Saved entries:
━━━━━━━━━━━━━━━━

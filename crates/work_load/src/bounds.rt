//! The bounds of a workload, and the setup that they make.
ghost use Rattle.std.specs.Prelude.{◌≡◌, ◌<◌, ◌≤◌, ◌+◌, ◌*◌, ◌/◌, ◌%◌, ◌==◌, ◌++◌, All, IfOk, OnOk, MatchResult, get_or, length, take, map, sum, nat_lt, option_map, find, None, Ok, Err, if◌then◌else◌};
ghost use Rattle.std.specs.List.{list_any};
ghost use Rattle.tact_base.specs.Setup.{IsSetup};
ghost use Rattle.tact_base.specs.declared.limits.TheConstants.{ALPHA_MAX, REPLICAS_MAX, CONITS_MAX};
ghost use Rattle.serde_json.specs.View.{view};
ghost use Rattle.work_load.specs.Values.{all_of, natural};
ghost use Rattle.work_load.specs.Entries.{Tells};
ghost use Rattle.work_load.specs.Ranges.{IsBoundOf};
ghost use Rattle.work_load.specs.Bounds.{loans, bound, bound_after, bound_of, binds, alpha_by, loans_by, alphas_of, loans_of, setup_of};

use crate::entries::{Counts, Entry};
use crate::fault::EntryFault;
use crate::values::{both, earliest, listed, natural, number_below};
use run_model::{Config, ConfigFault, LoadKind, is_passed_by};
use serde_json::Value;
use std::alloc::Global;
use tact_base::{ALPHA_MAX, NoMemory, Numbers, REPLICAS_MAX, Row};

/// The alpha of an owner on a conit where no bound says it.
const ALPHA: u64 = 1_000_000;

/// What an owner lends to each other replica on a conit where no bound says it.
const LOAN: u64 = 100_000;

/// The alpha of an owner on a conit, and what it lends there to each holder.
#[derive(Clone, Copy, Debug)]
pub(crate) struct Bound {
    pub(crate) owner: u32,
    pub(crate) conit: u32,
    pub(crate) alpha: u64,
    pub(crate) loans: Row,
}

impl Entry for Bound {
    ghost read_after = { λ counts. bound_after counts.replicas counts.conits };

    ghost fits = { λ counts before. IsBoundOf counts.replicas };

    fn read_after(
        _alloc: Global,
        counts: Counts,
        before: &[Self],
        value: &Value,
    ) -> Result<Self, EntryFault> {
        Ok(bound_after(before, value, counts.replicas, counts.conits)?)
    }
}

#[tactic(auto, unfolding(crate::specs::Bounds::bound_after))]
fn bound_after(
    before: &[Bound],
    value: &Value,
    replicas: u32,
    conits: u32,
) -> Result<Bound, LoadKind>
    requires replicas { 0 < replicas }
    requires few { replicas ≤ REPLICAS_MAX }
    requires conits { 0 < conits }
    ensures bound { result ≡ bound_after replicas conits before.now (view value.now) }
    ensures within { IfOk result (λ bound. IsBoundOf replicas bound) }
{
    let next = bound_in(value, replicas, conits)?;
    if is_bound(before, next.owner, next.conit) {
        return Err(LoadKind::Twice);
    }
    if is_passed_by(next.loans.items(), next.alpha) {
        return Err(LoadKind::LoansOver);
    }
    Ok(next)
}

// Whether one of the bounds binds an owner on a conit.
fn is_bound(bounds: &[Bound], owner: u32, conit: u32) -> bool
    ensures { result ≡ list_any (binds owner conit) bounds.now }
{
    bounds
        .iter()
        .any(|bound| bound.owner == owner && bound.conit == conit)
}

#[tactic(auto, unfolding(crate::specs::Bounds::bound))]
fn bound_in(value: &Value, replicas: u32, conits: u32) -> Result<Bound, LoadKind>
    requires replicas { 0 < replicas }
    requires few { replicas ≤ REPLICAS_MAX }
    requires conits { 0 < conits }
    ensures bound { result ≡ bound replicas conits (view value.now) }
    ensures holders { IfOk result (λ bound. length bound.loans ≡ replicas) }
    ensures alpha { IfOk result (λ bound. bound.alpha ≤ ALPHA_MAX) }
    ensures own { IfOk result (λ bound. get_or bound.loans bound.owner 0 ≡ 0) }
{
    let [owner, conit, alpha, row] = listed(value)? else {
        return Err(LoadKind::Shape);
    };
    let place = both(number_below(owner, replicas), number_below(conit, conits));
    let numbers = both(natural(alpha, 0, ALPHA_MAX), loans(row, replicas));
    let ((owner, conit), (alpha, loans)) = both(place, numbers)?;
    if loans.items()[owner as usize] > 0 {
        return Err(LoadKind::Range);
    }
    Ok(Bound {
        owner,
        conit,
        alpha,
        loans,
    })
}

// A loan for each holder.
#[tactic(auto, unfolding(crate::specs::Bounds::loans))]
fn loans(value: &Value, replicas: u32) -> Result<Row, LoadKind>
    requires { replicas ≤ REPLICAS_MAX }
    ensures loans { result ≡ loans replicas (view value.now) }
    ensures length { IfOk result (λ row. length row ≡ replicas) }
{
    let values = listed(value)?;
    if values.len() != replicas as usize {
        return Err(LoadKind::Shape);
    }
    let mut row = [0; REPLICAS_MAX as usize];
    fill(&mut row, values)?;
    Ok(Row::new(&row[..values.len()]))
}

// Reads loans into the front of a row, and then all of them stand together.
fn fill(row: &mut [u64], values: &[Value]) -> Result<(), LoadKind>
    requires few { length values.now ≤ length row.old }
    ensures length { length row.new ≡ length row.old }
    ensures read { MatchResult result
        (λ _. all_of (natural 0 ALPHA_MAX) (map view values.now) ≡ Ok (take (length values.now) row.new))
        (λ kind. all_of (natural 0 ALPHA_MAX) (map view values.now) ≡ Err kind) }
{
    let mut fault = None;
    for place in 0..values.len() {
        match natural(&values[place], 0, ALPHA_MAX) {
            Ok(loan) => row[place] = loan,
            Err(kind) => fault = Some(earliest(fault, kind)),
        }
    }
    match fault {
        Some(kind) => Err(kind),
        None => Ok(()),
    }
}

// The bound of an owner on a conit, if there is one.
fn bound_of(bounds: &[Bound], owner: u32, conit: u32) -> Option<&Bound>
    ensures { option_map (λ bound. bound.now) result ≡ bound_of bounds.now owner conit }
{
    bounds
        .iter()
        .find(|bound| bound.owner == owner && bound.conit == conit)
}

fn alpha_in(bounds: &[Bound], owner: u32, conit: u32) -> u64
    ensures { result ≡ alpha_by (bound_of bounds.now owner conit) }
{
    match bound_of(bounds, owner, conit) {
        Some(bound) => bound.alpha,
        None => ALPHA,
    }
}

// What an owner lends to a holder where no bound says it.
fn loan_to(holder: u32, owner: u32) -> u64
    ensures { result ≡ (if holder == owner then 0 else 100000) }
{
    if holder == owner { 0 } else { LOAN }
}

// Appends what an owner lends to each holder where no bound says it.
#[tactic(auto, using(tact_base::proofs::RangeLists::mapped_more))]
fn push_loans(list: &mut Numbers, replicas: u32, owner: u32) -> Result<(), NoMemory>
    ensures { IfOk result (λ _. list.new ≡ list.old ++ loans_by replicas owner None) }
{
    for holder in 0..replicas {
        list.push(loan_to(holder, owner))?;
    }
    Ok(())
}

// Appends the loans of an owner on a conit.
fn push_row(
    list: &mut Numbers,
    replicas: u32,
    bounds: &[Bound],
    owner: u32,
    conit: u32,
) -> Result<(), NoMemory>
    ensures { IfOk result (λ _. list.new ≡ list.old ++ loans_by replicas owner (bound_of bounds.now owner conit)) }
{
    match bound_of(bounds, owner, conit) {
        Some(bound) => list.append(bound.loans.items()),
        None => push_loans(list, replicas, owner),
    }
}

fn alphas_of(
    alloc: Global,
    replicas: u32,
    conits: u32,
    bounds: &[Bound],
) -> Result<Numbers, NoMemory>
    requires few_replicas { replicas ≤ REPLICAS_MAX }
    requires few_conits { conits ≤ CONITS_MAX }
    ensures { IfOk result (λ list. list ≡ alphas_of replicas conits bounds.now) }
{
    let mut list = Numbers::new(alloc);
    for place in 0..replicas * conits {
        list.push(alpha_in(bounds, place / conits, place % conits))?;
    }
    Ok(list)
}

#[tactic(auto, using(tact_base::proofs::RangeLists::flat_map_range_more))]
fn loans_of(
    alloc: Global,
    replicas: u32,
    conits: u32,
    bounds: &[Bound],
) -> Result<Numbers, NoMemory>
    requires few_replicas { replicas ≤ REPLICAS_MAX }
    requires few_conits { conits ≤ CONITS_MAX }
    ensures { IfOk result (λ list. list ≡ loans_of replicas conits bounds.now) }
{
    let mut list = Numbers::new(alloc);
    for place in 0..replicas * conits {
        push_row(&mut list, replicas, bounds, place / conits, place % conits)?;
    }
    Ok(list)
}

/// The setup that bounds make.
pub(crate) fn setup_of(
    alloc: Global,
    replicas: u32,
    conits: u32,
    bounds: &[Bound],
) -> Result<Config, NoMemory>
    requires least { 2 ≤ replicas }
    requires few_replicas { replicas ≤ REPLICAS_MAX }
    requires conits { 1 ≤ conits }
    requires few_conits { conits ≤ CONITS_MAX }
    requires bounds { All (IsBoundOf replicas) bounds.now }
    ensures setup { IfOk result (λ config. config ≡ setup_of replicas conits bounds.now) }
    ensures sound { OnOk result (IsSetup (setup_of replicas conits bounds.now)) }
{
    let alphas = alphas_of(alloc, replicas, conits, bounds)?;
    let loans = loans_of(alloc, replicas, conits, bounds)?;
    match Config::new(alloc, replicas, conits, alphas.items(), loans.items()) {
        Ok(config) => Ok(config),
        Err(ConfigFault::NoMemory) => Err(NoMemory),
        Err(_) => unreachable!(),
    }
}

━━━━━━━━━━━━━━━━

### YOUR INSTRUCTIONS
Print again the lines of the entries above that fall between the line holding "const ALPHA: u64 = 1_000_000;" and the line holding "#[derive(Clone, Copy, Debug)]", inclusive, exactly as they stand.

### SOLUTION TO THE PROBLEM
const ALPHA: u64 = 1_000_000;

/// What an owner lends to each other replica on a conit where no bound says it.
const LOAN: u64 = 100_000;

/// The alpha of an owner on a conit, and what it lends there to each holder.
#[derive(Clone, Copy, Debug)]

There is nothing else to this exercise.